• _Instructions to follow_: Show the lines below that contain the string "begins".

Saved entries
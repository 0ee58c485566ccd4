//! Structured C statements from flat items by their names. C89, 3.6.
#![tactic(auto)]

mod alike;
mod builder;
mod cases;
mod growth;
mod loop_tests;
mod parts;
mod plan;
mod planning;
mod span;

pub use builder::build_statements;
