//! The format that a pointer gives, at the start of a transfer (ANSI X3.9-1978, 13.1).

ghost use Rattle.std.specs.Prelude.{◌≡◌, ◌≤◌, length, slice_get};
ghost use Rattle.c_tree.specs.FormatsGiven.{format_at};
ghost use Rattle.formatted_output.specs.Fronts.{front_of, front_at, IsFrontOf, ReadsFormat};

use c_tree::outcome::{CFault, CValue};
use edit_rules::check_format;
use run_bytes::RunBytes;

/// The most bytes that a format has.
const FORMAT_BYTES: usize = 2048;

/// How many bytes from a place on are set, and why the one behind them cannot be read.
#[derive(Clone, Copy)]
struct SetFront {
    size: usize,
    fault: CFault,
}

/// The bytes from an offset of an object on that are set.
fn front_in(run: &RunBytes, object: usize, offset: usize) -> SetFront
    ensures { IsFrontOf (front_of (slice_get run.now object) offset) result }
{
    let extent = run.extent(object).unwrap_or(0);
    let most = extent.saturating_sub(offset);
    for size in 0..most {
        let place = CValue::Pointer {
            object,
            offset: offset + size,
        };
        if let Err(fault) = run.text(place, 1) {
            return SetFront { size, fault };
        }
    }
    let fault = match run.held_type(object) {
        Some(_) => CFault::Kind,
        None => CFault::Outside,
    };
    SetFront { size: most, fault }
}

/// The bytes from where a pointer points to on that are set.
fn set_front(run: &RunBytes, pointer: CValue) -> SetFront
    ensures { IsFrontOf (front_at run.now pointer) result }
{
    match pointer {
        CValue::Pointer { object, offset } => front_in(run, object, offset),
        CValue::Null => SetFront {
            size: 0,
            fault: CFault::Outside,
        },
        _ => SetFront {
            size: 0,
            fault: CFault::Kind,
        },
    }
}

/// Copies the format that a pointer gives to the front of a buffer, and says whether there is one, of 2,048 bytes at most.
///
/// # Errors
/// The fault of the first byte that cannot be read where the format does not end before it.
pub fn read_format(run: &RunBytes, pointer: CValue, into: &mut [u8]) -> Result<bool, CFault>
    requires { 2048 ≤ length into.old }
    ensures { ReadsFormat (format_at run.now pointer) into.new result }
{
    let front = set_front(run, pointer);
    match run.text(pointer, front.size) {
        Ok(text) => match check_format(text) {
            Ok(size) if size <= FORMAT_BYTES => {
                into[..size].copy_from_slice(&text[..size]);
                Ok(true)
            }
            Ok(_) => Ok(false),
            Err(bad) if bad.place < text.len() => Ok(false),
            Err(_) => Err(front.fault),
        },
        Err(fault) => Err(fault),
    }
}
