//! Formatted output on a unit as calls of the library, over the objects of a run and its external units (ANSI X3.9-1978, 12.8, 12.9.5.2 and
//! 13; CSTR 149, appendix on the run time library): `s_wsfe` begins a transfer, `do_fio` puts items, and `e_wsfe` ends it.
//!
//! No call takes memory: the record in the making stands in the transfer, and the format is copied into a buffer of the caller when the
//! transfer begins, since the program may change its text later.
//!
//! Each function that changes a unit table has a `requires`: a function with one is proved whatever devices there are, and one without where
//! those that its callees may make are among them.
#![tactic(auto)]

mod acts;
mod calls;
mod endings;
mod formats;
mod items;

pub use acts::{Turn, edit_record, turn_of};
pub use calls::{FormattedOutput, Passage, Start, do_fio, e_wsfe, s_wsfe};
pub use formats::read_format;
pub use items::{ItemList, behind, item_list, value_under};
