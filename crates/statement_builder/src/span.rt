//! Which items are written.

/// The items that are written, or those behind the one that is.
#[derive(Clone, Copy)]
pub(crate) struct Span {
    /// The position of the first, or of the one before them.
    pub position: usize,
    /// How many there are.
    pub count: usize,
    /// How many turns there are for them: as many as there are items at least.
    pub turns: usize,
}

• _Exercise result_:
//! 13; CSTR 149, appendix on the run time library): `s_wsfe` begins a transfer, `do_fio` puts items, and `e_wsfe` ends it.
//! transfer begins, since the program may change its text later.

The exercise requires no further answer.